Selain keunikan pengajaran Calvin tentang hukum, pengajarannya tentang progressive sanctification juga berperan besar di dalam pembentukan etika Calvinisme. Doktrin ini menyatakan bahwa anugerah keselamatan semakin lama akan semakin disadari artinya oleh orang percaya dan semakin lama akan semakin membawa mereka kepada kedewasaan kehidupan Kristen.

Namun bagi Troeltsch, masih ada satu hal lagi yang merupakan sumbangan terbesar Calvin dalam etika, yaitu berkenaan dengan kehidupan asketis yang dihasilkan oleh pengharapan akan masa depan dan oleh pemisahan secara jelas antara Allah dan ciptaan. Keunikan dari asketisme Calvin adalah karena ia justru bersikap yang amat positif terhadap pekerjaan orang percaya. Ini merupakan pandangan yang amat berbeda terhadap asketisisme yang selama ini selalu amat merendahkan nilai-nilai kehidupan di dalam dunia dan amat berhasrat untuk mengekang kehidupan daging dengan menggunakan serangkaian sistem disiplin. Di dalam Katolik, asketisisme seperti ini memunculkan kehidupan biara.

McGrath menyoroti pandangan Calvin yang berkata bahwa pengenalan akan Allah Sang Pencipta tidak dapat dipisahkan dari pengenalan ciptaan.

Orang-orang Kristen diharapkan memperlihatkan penghargaan, keprihatinan dan komitmen pada dunia oleh karena kesetiaan, ketaatan dan cintanya kepada Allah. Dengan demikian, menjadi seorang Kristen tidak dapat berarti meninggalkan dunia, sebab meninggalkan dunia berarti meninggalkan Allah yang secara ajaib telah menciptakannya. Akan tetapi di lain pihak, karena ia dengan jelas membedakan Allah dengan dunia ciptaan maka bagi dia, usaha apapun untuk mencari kepuasan di dalam ciptaan merupakan suatu tindakan pemberhalaan. Calvin selalu menekankan bahwa ciptaan adalah sarana dan bukan tujuan akhir. Menurut Wogaman, Calvin memang menghargai milik pribadi namun baginya, semua kekayaan pribadi harus dipergunakan bagi kemuliaan Allah.

Inilah alasan mengapa orang Calvinis berjuang dengan sungguh-sungguh di dalam politik, namun bukan demi politik itu sendiri, berjuang di dalam ekonomi, tetapi bukan demi kemakmuran itu sendiri.
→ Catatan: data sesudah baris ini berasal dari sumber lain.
// The refusals of document 01, and a rule that is kept or broken. Rules stand one behind the other in the order of the
// checks, each by `?`: the first that is broken tells the refusal.
#![tactic(auto)]

ghost use Rattle.std.specs.Prelude.{◌≡◌};
ghost use Rattle.rules.specs.Rules.{ask, refusal_number, outcome_number};

// Why a call is refused, in the order of their numbers.
#[derive(Clone, Copy, Debug, PartialEq, Eq)]
pub enum Refusal {
    // The sheet is too long.
    Length,
    // A record, a head or a count is cut off.
    Truncated,
    // A count outside its limits.
    Count,
    // A figure outside its range.
    Figure,
    // A scalar that breaks its rules.
    Scalar,
    // A code that stands for nothing, or a field that is not as its kind wants it.
    Code,
    // A column, a table or a value that stands out of order, is too large or stands twice.
    Order,
    // A number that names no record, or none that it may name.
    Reference,
    // A run of operands that is out of order or does not fill its section, or an operand that is shared.
    OperandRun,
    // Bytes behind the last section.
    Trailing,
    // The call's expression is not in the sheet.
    Expression,
    // The output is shorter than the answer.
    Output,
}

// The number that document 01 gives it.
impl From<Refusal> for u8 {
    ghost from_gives = { λ refusal n. n ≡ refusal_number refusal };

    fn from(refusal: Refusal) -> u8 {
        match refusal {
            Refusal::Length => 1,
            Refusal::Truncated => 2,
            Refusal::Count => 3,
            Refusal::Figure => 4,
            Refusal::Scalar => 5,
            Refusal::Code => 6,
            Refusal::Order => 7,
            Refusal::Reference => 8,
            Refusal::OperandRun => 9,
            Refusal::Trailing => 10,
            Refusal::Expression => 11,
            Refusal::Output => 12,
        }
    }
}

// A rule: the refusal where it is broken.
pub fn ask(kept: bool, refusal: Refusal) -> Result<(), Refusal>
    ensures { outcome_number result ≡ ask kept (refusal_number refusal) }
{
    if kept { Ok(()) } else { Err(refusal) }
}
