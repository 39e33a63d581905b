// scalar_to_f64 of the source's analysis.rs for scalars where they stand in a sheet.
ghost use Rattle.std.specs.Prelude.{◌≡◌, ◌<◌, ◌^◌};
ghost use Rattle.scalar.specs.Number.{scalar_to_f64};
ghost use Rattle.scalar_bytes.specs.Reading.{scalar_at, bound_at};
ghost use Rattle.range.specs.Range.{bound_number};

use float::integers::nearest_i64;
use float::tens::power_of_ten;
use layout::{DECIMAL_DIGITS_OFFSET, DECIMAL_SCALE_OFFSET, SCALAR_VALUE_OFFSET};
use le::floats::f64_at;
use le::integers::{i32_at, i64_at};
use le::reads::byte_at;
use scalar_bytes::tags::{DATE32, DECIMAL128, FLOAT64, INT32, INT64};

// By its tag.
#[tactic(auto, using(signed::proofs::SignedLaws::kept, crate::proofs::NumberLaws::no_number), unfolding(scalar::specs::Number::scalar_to_f64, scalar_bytes::specs::Reading::scalar_at))]
pub fn number_at(s: &[u8], at: usize) -> Option<f64>
    requires { at < 2 ^ 60 }
    ensures { result ≡ scalar_to_f64 (scalar_at s.now at) }
{
    let tag = byte_at(s, at);
    match tag {
        INT32 | DATE32 => Some(nearest_i64(i64::from(i32_at(s, at + SCALAR_VALUE_OFFSET)))),
        INT64 => Some(nearest_i64(i64_at(s, at + SCALAR_VALUE_OFFSET))),
        FLOAT64 => Some(f64_at(s, at + SCALAR_VALUE_OFFSET)),
        DECIMAL128 => Some(
            nearest_i64(i64_at(s, at + (SCALAR_VALUE_OFFSET + DECIMAL_DIGITS_OFFSET)))
                / power_of_ten(byte_at(s, at + (SCALAR_VALUE_OFFSET + DECIMAL_SCALE_OFFSET))),
        ),
        _ => None,
    }
}

// Of a bound, by the same bytes: the tag of one that is absent is no number's. Beside `number_at`, since
// its contract speaks of an `Option`.
#[tactic(auto, using(crate::proofs::NumberLaws::bound_number_law))]
pub fn bound_number_at(s: &[u8], at: usize) -> Option<f64>
    requires { at < 2 ^ 60 }
    ensures { result ≡ bound_number (bound_at s.now at) }
{
    number_at(s, at)
}
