//! Signatures, before they are put in their place.
ghost use Rattle.std.specs.Prelude.{◌≡◌, IfOk};
ghost use Rattle.der_tree.specs.Form.{value_of};
ghost use Rattle.pkix_alg.specs.Algorithms.{rsa_public_key};
ghost use Rattle.shelf_fault.specs.Faults.{Passes};
ghost use Rattle.shelf_keys.specs.Signatures.{checked, fixed_size, has_shape, has_size_of, is_pkcs1, is_pss, is_pss_only, is_rsa, is_rsa_pss, is_verified, size_of_number, verified};

use crate::encoding::encoded;
use der_tree::der;
use pkix_alg::{EcdsaSigValue, RsaPublicKey};
use rcgen_certificate::signature_identifier;
use rcgen_issue::{
    PKCS_ED25519, PKCS_ML_DSA_44, PKCS_ML_DSA_65, PKCS_ML_DSA_87, PKCS_RSA_SHA256, PKCS_RSA_SHA384,
    PKCS_RSA_SHA512, PublicKey, PublicKeyData, SignatureAlgorithm, Verifier,
};
use rcgen_sign::{
    PKCS_PSS_ONLY_SHA256, PKCS_PSS_ONLY_SHA384, PKCS_PSS_ONLY_SHA512, PKCS_PSS_SHA256,
    PKCS_PSS_SHA384, PKCS_PSS_SHA512, PKCS_RSA_PSS_SHA256, PKCS_RSA_PSS_SHA384,
    PKCS_RSA_PSS_SHA512,
};
use shelf_fault::{Fault, Obstacle, SignatureFault};
use signature_verifier::SignatureVerifier;
use std::alloc::{AllocError, Global};

/// How many octets a signature has, of algorithms where that is fixed.
#[tactic(auto, unfolding(crate::specs::Signatures::fixed_size))]
fn fixed_size(algorithm: SignatureAlgorithm) -> Option<usize>
    ensures { result ≡ fixed_size algorithm }
{
    if algorithm == PKCS_ED25519 {
        return Some(64);
    }
    if algorithm == PKCS_ML_DSA_44 {
        return Some(2420);
    }
    if algorithm == PKCS_ML_DSA_65 {
        return Some(3309);
    }
    if algorithm == PKCS_ML_DSA_87 {
        return Some(4627);
    }
    None
}

fn is_pkcs1(algorithm: SignatureAlgorithm) -> bool
    ensures { result ≡ is_pkcs1 algorithm }
{
    algorithm == PKCS_RSA_SHA256 || algorithm == PKCS_RSA_SHA384 || algorithm == PKCS_RSA_SHA512
}

fn is_rsa_pss(algorithm: SignatureAlgorithm) -> bool
    ensures { result ≡ is_rsa_pss algorithm }
{
    algorithm == PKCS_RSA_PSS_SHA256
        || algorithm == PKCS_RSA_PSS_SHA384
        || algorithm == PKCS_RSA_PSS_SHA512
}

fn is_pss(algorithm: SignatureAlgorithm) -> bool
    ensures { result ≡ is_pss algorithm }
{
    algorithm == PKCS_PSS_SHA256 || algorithm == PKCS_PSS_SHA384 || algorithm == PKCS_PSS_SHA512
}

fn is_pss_only(algorithm: SignatureAlgorithm) -> bool
    ensures { result ≡ is_pss_only algorithm }
{
    algorithm == PKCS_PSS_ONLY_SHA256
        || algorithm == PKCS_PSS_ONLY_SHA384
        || algorithm == PKCS_PSS_ONLY_SHA512
}

fn is_rsa(algorithm: SignatureAlgorithm) -> bool
    ensures { result ≡ is_rsa algorithm }
{
    is_pkcs1(algorithm) || is_rsa_pss(algorithm) || is_pss(algorithm) || is_pss_only(algorithm)
}

/// How many octets a positive number has, of the contents of its INTEGER.
fn size_of_number(contents: &[u8]) -> usize
    ensures { result ≡ size_of_number contents.now }
{
    match contents {
        [0, rest @ ..] => rest.len(),
        all => all.len(),
    }
}

/// Whether the signature has as many octets as the modulus of the key.
fn has_size_of(alloc: Global, key: &[u8], signature: &[u8]) -> Result<bool, AllocError>
    ensures { IfOk result (λ b. b ≡ has_size_of signature.now (value_of rsa_public_key key.now)) }
{
    match der::value_of::<RsaPublicKey>(alloc, key)? {
        Some(key) => Ok(signature.len() == size_of_number(key.modulus.as_bytes())),
        None => Ok(false),
    }
}

/// Whether the octets have the form of a signature by the key.
#[tactic(auto, unfolding(crate::specs::Signatures::has_shape))]
fn has_shape(alloc: Global, key: &PublicKey, signature: &[u8]) -> Result<bool, AllocError>
    ensures { IfOk result (λ b. b ≡ has_shape key.now signature.now) }
{
    if let Some(size) = fixed_size(key.algorithm()) {
        return Ok(signature.len() == size);
    }
    if is_rsa(key.algorithm()) {
        return has_size_of(alloc, key.der_bytes(), signature);
    }
    Ok(der::value_of::<EcdsaSigValue>(alloc, signature)?.is_some())
}

/// Whether signatures of the algorithm are verified here.
fn is_verified(algorithm: SignatureAlgorithm) -> bool
    ensures { result ≡ is_verified algorithm }
{
    algorithm != PKCS_ML_DSA_44 && algorithm != PKCS_ML_DSA_65 && algorithm != PKCS_ML_DSA_87
}

/// Refuses what isn't the key's signature over the message.
#[tactic(auto, unfolding(crate::specs::Signatures::verified))]
fn verified(alloc: Global, key: &PublicKey, message: &[u8], signature: &[u8]) -> Result<(), Fault>
    ensures { Passes (verified key.now message.now signature.now) result }
{
    let info = key.subject_public_key_info(alloc)?;
    let identifier = signature_identifier(alloc, key.algorithm())?;
    let algorithm = encoded(alloc, &identifier, Fault::Obstacle(Obstacle::Algorithm))?;
    if SignatureVerifier::new().verify(message, &info, &algorithm, signature) {
        Ok(())
    } else {
        Err(Fault::Signature(SignatureFault::Wrong))
    }
}

/// Refuses a signature that isn't the key's over the message.
#[tactic(auto, unfolding(crate::specs::Signatures::checked))]
pub fn checked(
    alloc: Global,
    key: &PublicKey,
    message: &[u8],
    signature: &[u8],
) -> Result<(), Fault>
    ensures { Passes (checked key.now message.now signature.now) result }
{
    if !has_shape(alloc, key, signature)? {
        return Err(Fault::Signature(SignatureFault::OtherForm));
    }
    if !is_verified(key.algorithm()) {
        return Ok(());
    }
    verified(alloc, key, message, signature)
}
Pandangan Calvin akan hal ini tidak hanya unik jika dibandingkan dengan Katolik tetapi juga berbeda dengan pandangan Luther. Lutheran menangisi dunia ini dan kemudian menerimanya apa adanya sambil terus menjaga diri mereka dari pengaruh dunia. Bagi mereka, dunia berdosa memang sudah seharusnya mempunyai kondisi yang seperti ini.

Calvin menolak sikap seperti ini. Ia tidak dapat meninggalkan dunia ini di dalam kengeriannya sementara ia menenangkan diri karena telah menerima anugerah keselamatan. Fakta bahwa ciptaan adalah ciptaan yang berdosa justru semakin mendorongnya bekerja keras untuk menaklukkannya demi kemuliaan Tuhan. Akan tetapi, Calvin sadar bahwa dunia hanya dapat ditaklukkan dengan cara terlebih dahulu menyadari nilai dari kehidupan di dalam dunia. Jadi, kita harus masuk ke dalam dunia, menyadari semua sarana sekular yang ada, namun kemudian memakai semua itu hanya semata-mata sebagai alat untuk menciptakan komunitas kudus.

McGrath menilai tansformasi historis dari status kerja ini amatlah mengagumkan. Kerja yang dahulunya dipandang sebagai suatu kegiatan yang merendahkan martabat, sekarang menjadi cara yang berharga dan mulia untuk memuji dan mengakui Allah.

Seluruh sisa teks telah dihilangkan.